Two lines in the data below mark the range: the one with "fn clone(&self) -> Result<Term, AllocError>" and the one with "the bound variable.". Return both, along with every line between them, exactly.

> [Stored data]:
/---

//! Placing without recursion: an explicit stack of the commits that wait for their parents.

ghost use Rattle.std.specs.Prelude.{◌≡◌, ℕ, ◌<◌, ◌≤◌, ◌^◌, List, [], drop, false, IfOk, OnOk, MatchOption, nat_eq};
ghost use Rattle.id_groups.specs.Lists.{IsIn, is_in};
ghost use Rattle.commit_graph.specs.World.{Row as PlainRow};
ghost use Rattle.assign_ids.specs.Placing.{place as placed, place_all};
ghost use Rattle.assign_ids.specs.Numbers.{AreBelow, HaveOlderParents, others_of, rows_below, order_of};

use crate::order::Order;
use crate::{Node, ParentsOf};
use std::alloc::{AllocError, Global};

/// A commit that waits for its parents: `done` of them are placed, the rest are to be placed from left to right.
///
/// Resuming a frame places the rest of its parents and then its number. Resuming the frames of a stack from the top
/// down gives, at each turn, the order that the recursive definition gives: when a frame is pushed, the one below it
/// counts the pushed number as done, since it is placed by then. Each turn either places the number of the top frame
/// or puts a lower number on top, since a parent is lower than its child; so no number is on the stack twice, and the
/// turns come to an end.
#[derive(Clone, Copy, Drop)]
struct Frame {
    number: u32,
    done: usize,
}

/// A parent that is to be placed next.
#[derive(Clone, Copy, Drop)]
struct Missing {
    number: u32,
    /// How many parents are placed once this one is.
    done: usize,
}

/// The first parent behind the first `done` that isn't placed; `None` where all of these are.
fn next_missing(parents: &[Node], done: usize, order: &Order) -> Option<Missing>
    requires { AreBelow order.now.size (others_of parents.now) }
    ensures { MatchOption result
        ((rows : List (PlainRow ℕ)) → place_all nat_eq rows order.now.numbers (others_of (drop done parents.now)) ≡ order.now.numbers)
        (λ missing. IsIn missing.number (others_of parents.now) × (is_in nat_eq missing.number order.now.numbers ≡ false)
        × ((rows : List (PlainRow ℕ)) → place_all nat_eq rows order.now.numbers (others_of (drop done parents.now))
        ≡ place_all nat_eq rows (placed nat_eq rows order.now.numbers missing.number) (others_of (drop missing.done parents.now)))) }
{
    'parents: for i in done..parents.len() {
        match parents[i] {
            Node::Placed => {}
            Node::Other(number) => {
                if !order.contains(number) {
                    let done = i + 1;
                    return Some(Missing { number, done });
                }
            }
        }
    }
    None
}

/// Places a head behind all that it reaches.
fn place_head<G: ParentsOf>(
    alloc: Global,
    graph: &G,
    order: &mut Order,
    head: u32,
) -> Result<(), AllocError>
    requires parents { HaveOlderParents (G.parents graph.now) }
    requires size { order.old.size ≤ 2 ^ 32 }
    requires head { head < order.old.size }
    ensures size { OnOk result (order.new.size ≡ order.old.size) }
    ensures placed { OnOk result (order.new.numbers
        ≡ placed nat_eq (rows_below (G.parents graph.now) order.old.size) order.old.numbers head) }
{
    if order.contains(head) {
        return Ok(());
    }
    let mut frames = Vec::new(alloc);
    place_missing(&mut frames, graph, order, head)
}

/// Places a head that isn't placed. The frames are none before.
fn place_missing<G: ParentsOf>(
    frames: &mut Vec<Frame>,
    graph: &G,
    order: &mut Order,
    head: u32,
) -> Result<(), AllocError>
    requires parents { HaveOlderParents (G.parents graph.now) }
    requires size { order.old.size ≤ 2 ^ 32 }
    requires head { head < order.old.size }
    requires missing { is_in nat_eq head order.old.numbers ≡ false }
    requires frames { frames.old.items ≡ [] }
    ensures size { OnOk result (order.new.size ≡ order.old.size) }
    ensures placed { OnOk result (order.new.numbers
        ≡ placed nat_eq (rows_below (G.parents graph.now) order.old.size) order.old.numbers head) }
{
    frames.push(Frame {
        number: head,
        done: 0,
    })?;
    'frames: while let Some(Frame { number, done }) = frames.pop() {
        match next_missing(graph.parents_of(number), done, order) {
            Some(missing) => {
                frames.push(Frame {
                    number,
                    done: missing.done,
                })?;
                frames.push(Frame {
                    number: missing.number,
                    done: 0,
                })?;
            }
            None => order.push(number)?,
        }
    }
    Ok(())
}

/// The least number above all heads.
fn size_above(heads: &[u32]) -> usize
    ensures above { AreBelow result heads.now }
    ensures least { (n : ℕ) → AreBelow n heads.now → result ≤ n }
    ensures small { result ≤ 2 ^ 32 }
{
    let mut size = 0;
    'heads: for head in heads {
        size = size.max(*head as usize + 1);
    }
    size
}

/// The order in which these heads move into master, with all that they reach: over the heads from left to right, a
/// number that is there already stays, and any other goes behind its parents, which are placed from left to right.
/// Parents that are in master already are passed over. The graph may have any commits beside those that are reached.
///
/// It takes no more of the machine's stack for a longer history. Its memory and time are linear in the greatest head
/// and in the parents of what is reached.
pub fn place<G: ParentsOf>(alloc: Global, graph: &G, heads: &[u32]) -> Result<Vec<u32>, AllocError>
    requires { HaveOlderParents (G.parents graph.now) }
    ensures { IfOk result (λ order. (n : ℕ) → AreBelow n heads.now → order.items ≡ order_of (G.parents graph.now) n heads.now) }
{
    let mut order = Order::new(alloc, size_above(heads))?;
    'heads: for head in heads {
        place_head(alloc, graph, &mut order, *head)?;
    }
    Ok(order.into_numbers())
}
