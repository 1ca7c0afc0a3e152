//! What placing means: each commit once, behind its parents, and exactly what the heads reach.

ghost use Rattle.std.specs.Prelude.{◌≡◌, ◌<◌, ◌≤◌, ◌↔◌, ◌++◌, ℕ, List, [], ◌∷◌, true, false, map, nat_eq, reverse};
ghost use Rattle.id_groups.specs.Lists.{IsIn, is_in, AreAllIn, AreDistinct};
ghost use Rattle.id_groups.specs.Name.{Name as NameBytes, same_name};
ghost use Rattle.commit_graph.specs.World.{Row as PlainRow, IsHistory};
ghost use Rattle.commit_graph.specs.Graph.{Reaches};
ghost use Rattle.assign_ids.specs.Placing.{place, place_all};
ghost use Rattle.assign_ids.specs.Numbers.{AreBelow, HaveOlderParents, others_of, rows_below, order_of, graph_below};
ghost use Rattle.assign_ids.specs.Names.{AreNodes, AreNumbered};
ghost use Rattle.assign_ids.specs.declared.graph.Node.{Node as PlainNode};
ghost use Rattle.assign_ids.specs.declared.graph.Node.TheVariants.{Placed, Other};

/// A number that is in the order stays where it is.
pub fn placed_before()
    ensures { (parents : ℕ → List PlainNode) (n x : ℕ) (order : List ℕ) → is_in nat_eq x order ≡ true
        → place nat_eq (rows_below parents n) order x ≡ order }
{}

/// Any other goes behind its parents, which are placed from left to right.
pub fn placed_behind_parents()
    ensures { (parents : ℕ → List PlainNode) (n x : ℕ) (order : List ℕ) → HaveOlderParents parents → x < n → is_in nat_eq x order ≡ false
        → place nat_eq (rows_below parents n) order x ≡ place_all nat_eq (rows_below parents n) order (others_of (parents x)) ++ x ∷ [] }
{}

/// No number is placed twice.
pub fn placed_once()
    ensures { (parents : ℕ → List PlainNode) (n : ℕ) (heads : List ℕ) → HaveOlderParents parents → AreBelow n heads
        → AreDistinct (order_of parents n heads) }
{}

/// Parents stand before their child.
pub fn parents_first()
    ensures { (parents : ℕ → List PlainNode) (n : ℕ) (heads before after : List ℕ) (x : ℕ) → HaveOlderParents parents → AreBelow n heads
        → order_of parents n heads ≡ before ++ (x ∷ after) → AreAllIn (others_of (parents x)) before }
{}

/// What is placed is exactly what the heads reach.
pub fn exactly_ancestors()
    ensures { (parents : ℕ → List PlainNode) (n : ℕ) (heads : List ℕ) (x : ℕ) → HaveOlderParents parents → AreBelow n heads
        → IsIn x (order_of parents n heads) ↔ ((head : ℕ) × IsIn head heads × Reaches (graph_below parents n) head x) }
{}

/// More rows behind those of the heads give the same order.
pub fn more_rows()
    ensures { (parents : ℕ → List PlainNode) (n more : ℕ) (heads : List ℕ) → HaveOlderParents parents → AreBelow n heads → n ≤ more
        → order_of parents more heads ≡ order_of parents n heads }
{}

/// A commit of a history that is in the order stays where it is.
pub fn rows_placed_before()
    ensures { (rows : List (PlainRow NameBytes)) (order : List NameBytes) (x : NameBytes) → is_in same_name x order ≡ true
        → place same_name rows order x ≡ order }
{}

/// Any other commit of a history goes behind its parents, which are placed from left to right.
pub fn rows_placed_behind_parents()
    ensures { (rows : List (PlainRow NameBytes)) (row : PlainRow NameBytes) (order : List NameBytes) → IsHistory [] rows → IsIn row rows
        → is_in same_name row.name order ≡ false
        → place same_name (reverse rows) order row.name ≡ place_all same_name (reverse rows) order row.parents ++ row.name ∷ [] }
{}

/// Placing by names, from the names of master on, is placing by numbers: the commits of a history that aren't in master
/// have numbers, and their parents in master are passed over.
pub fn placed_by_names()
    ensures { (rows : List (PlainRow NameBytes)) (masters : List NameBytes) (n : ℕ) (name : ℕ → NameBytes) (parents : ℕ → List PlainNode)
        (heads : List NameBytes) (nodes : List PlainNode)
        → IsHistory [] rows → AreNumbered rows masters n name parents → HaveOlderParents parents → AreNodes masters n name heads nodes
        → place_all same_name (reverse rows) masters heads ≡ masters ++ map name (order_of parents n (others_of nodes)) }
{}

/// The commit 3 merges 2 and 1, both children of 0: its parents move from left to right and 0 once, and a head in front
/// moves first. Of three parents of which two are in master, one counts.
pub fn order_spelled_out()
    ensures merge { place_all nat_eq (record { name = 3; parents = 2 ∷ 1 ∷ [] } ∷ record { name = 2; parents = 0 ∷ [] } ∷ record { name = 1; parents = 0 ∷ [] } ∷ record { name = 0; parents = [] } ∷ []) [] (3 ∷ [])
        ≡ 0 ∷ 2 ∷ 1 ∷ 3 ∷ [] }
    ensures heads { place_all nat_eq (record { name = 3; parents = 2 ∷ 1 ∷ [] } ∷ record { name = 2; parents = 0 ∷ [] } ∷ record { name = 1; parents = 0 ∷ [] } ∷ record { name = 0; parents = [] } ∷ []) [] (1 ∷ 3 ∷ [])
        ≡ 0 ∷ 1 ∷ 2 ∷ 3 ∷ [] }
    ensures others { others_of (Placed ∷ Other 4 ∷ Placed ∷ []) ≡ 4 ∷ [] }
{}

\---
/---

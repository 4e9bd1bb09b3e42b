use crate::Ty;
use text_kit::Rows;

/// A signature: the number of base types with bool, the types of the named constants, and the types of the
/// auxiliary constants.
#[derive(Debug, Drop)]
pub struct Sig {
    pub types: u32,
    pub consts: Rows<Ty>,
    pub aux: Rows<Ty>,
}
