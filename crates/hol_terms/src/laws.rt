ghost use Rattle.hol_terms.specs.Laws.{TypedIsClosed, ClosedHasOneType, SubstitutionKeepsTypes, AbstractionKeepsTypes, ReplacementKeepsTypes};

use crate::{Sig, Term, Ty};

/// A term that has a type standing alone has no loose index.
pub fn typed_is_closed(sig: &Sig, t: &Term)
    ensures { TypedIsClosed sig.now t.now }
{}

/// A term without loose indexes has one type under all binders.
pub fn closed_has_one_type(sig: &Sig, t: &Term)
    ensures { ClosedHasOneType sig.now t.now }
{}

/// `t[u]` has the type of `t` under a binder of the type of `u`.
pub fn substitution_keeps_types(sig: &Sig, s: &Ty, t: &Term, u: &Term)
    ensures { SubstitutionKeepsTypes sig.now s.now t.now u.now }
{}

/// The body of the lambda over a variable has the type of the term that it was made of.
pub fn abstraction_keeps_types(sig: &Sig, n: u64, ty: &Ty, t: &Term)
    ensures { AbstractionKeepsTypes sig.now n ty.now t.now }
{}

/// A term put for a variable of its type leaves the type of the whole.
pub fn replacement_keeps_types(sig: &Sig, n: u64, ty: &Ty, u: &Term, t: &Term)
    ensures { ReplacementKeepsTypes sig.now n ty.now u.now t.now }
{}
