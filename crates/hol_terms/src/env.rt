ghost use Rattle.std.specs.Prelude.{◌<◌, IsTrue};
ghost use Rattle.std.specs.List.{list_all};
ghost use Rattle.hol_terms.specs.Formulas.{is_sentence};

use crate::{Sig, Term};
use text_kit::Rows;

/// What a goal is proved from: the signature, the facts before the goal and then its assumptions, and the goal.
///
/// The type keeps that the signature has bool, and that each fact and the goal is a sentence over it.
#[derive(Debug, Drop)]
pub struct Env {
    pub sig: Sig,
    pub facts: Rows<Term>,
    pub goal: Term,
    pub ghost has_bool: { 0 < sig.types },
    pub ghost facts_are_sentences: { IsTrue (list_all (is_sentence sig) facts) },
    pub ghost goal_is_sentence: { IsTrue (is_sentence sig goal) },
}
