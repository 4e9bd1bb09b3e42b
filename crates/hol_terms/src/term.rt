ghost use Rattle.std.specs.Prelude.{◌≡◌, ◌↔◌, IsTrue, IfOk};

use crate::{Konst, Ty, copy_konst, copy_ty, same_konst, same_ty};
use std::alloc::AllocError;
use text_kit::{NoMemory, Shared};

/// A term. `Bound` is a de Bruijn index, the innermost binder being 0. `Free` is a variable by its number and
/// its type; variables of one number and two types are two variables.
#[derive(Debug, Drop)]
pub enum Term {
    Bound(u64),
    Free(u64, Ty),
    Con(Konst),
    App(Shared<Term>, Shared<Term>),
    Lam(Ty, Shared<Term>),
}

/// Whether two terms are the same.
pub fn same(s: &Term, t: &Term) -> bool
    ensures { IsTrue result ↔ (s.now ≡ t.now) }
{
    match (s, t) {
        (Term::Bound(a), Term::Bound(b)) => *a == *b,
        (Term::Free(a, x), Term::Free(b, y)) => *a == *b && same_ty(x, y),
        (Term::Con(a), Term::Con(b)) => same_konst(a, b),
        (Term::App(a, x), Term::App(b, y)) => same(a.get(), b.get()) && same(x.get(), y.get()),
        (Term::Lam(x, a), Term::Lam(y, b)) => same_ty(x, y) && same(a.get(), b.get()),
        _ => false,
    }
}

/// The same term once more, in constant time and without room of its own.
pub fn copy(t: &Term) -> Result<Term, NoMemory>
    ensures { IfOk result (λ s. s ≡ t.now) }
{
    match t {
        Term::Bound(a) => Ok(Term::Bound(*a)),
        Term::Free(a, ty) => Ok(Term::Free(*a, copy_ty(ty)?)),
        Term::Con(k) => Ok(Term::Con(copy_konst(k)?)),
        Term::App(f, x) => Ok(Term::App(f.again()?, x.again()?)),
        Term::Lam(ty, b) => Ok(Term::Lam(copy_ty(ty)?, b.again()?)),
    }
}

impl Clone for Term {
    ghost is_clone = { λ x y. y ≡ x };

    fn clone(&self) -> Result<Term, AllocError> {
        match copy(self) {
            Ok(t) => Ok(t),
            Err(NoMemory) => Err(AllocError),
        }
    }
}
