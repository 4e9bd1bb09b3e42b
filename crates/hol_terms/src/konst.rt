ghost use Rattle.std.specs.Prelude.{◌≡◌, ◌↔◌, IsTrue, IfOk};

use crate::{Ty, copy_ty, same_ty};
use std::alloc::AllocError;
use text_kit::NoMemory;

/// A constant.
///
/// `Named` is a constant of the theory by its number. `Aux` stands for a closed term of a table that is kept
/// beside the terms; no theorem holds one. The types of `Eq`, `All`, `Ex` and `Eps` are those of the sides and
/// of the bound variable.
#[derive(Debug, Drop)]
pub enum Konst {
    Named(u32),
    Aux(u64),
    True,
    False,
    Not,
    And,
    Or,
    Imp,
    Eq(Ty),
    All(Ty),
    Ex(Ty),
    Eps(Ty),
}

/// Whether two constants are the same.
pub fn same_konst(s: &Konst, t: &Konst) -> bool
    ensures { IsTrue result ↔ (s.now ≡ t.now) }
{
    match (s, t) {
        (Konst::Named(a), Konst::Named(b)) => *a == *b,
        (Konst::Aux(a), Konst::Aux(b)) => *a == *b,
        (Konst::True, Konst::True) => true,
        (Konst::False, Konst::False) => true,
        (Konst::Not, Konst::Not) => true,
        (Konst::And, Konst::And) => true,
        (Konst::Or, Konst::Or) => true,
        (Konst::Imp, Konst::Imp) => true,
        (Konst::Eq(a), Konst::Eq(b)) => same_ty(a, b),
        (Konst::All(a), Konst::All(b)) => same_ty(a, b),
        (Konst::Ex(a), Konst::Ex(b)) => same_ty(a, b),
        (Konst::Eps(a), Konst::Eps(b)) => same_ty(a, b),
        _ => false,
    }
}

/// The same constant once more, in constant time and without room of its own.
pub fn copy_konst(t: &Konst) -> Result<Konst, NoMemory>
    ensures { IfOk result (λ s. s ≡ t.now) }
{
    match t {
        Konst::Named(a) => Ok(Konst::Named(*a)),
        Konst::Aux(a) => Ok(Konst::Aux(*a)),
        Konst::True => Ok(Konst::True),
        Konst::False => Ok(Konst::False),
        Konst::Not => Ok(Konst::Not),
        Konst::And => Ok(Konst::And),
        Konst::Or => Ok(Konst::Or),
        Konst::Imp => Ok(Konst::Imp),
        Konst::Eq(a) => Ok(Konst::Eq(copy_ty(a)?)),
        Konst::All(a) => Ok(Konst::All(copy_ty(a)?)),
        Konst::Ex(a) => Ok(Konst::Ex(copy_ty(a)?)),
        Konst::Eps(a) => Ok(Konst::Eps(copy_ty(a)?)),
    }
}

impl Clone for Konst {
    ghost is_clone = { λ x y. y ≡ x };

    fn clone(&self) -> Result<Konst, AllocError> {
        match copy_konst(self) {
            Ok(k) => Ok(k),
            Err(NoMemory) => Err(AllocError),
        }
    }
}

\---

> [Reply to the task]:
    fn clone(&self) -> Result<Term, AllocError> {
        match copy(self) {
            Ok(t) => Ok(t),
            Err(NoMemory) => Err(AllocError),
        }
    }
}
repository 4e9bd1bb09b3e42b
filename crates/hol_terms/src/konst.rt
ghost use Rattle.std.specs.Prelude.{◌≡◌, ◌↔◌, IsTrue, IfOk};

use crate::{Ty, copy_ty, same_ty};
use std::alloc::AllocError;
use text_kit::NoMemory;

/// A constant.
///
/// `Named` is a constant of the theory by its number. `Aux` stands for a closed term of a table that is kept
/// beside the terms; no theorem holds one. The types of `Eq`, `All`, `Ex` and `Eps` are those of the sides and
/// of the bound variable.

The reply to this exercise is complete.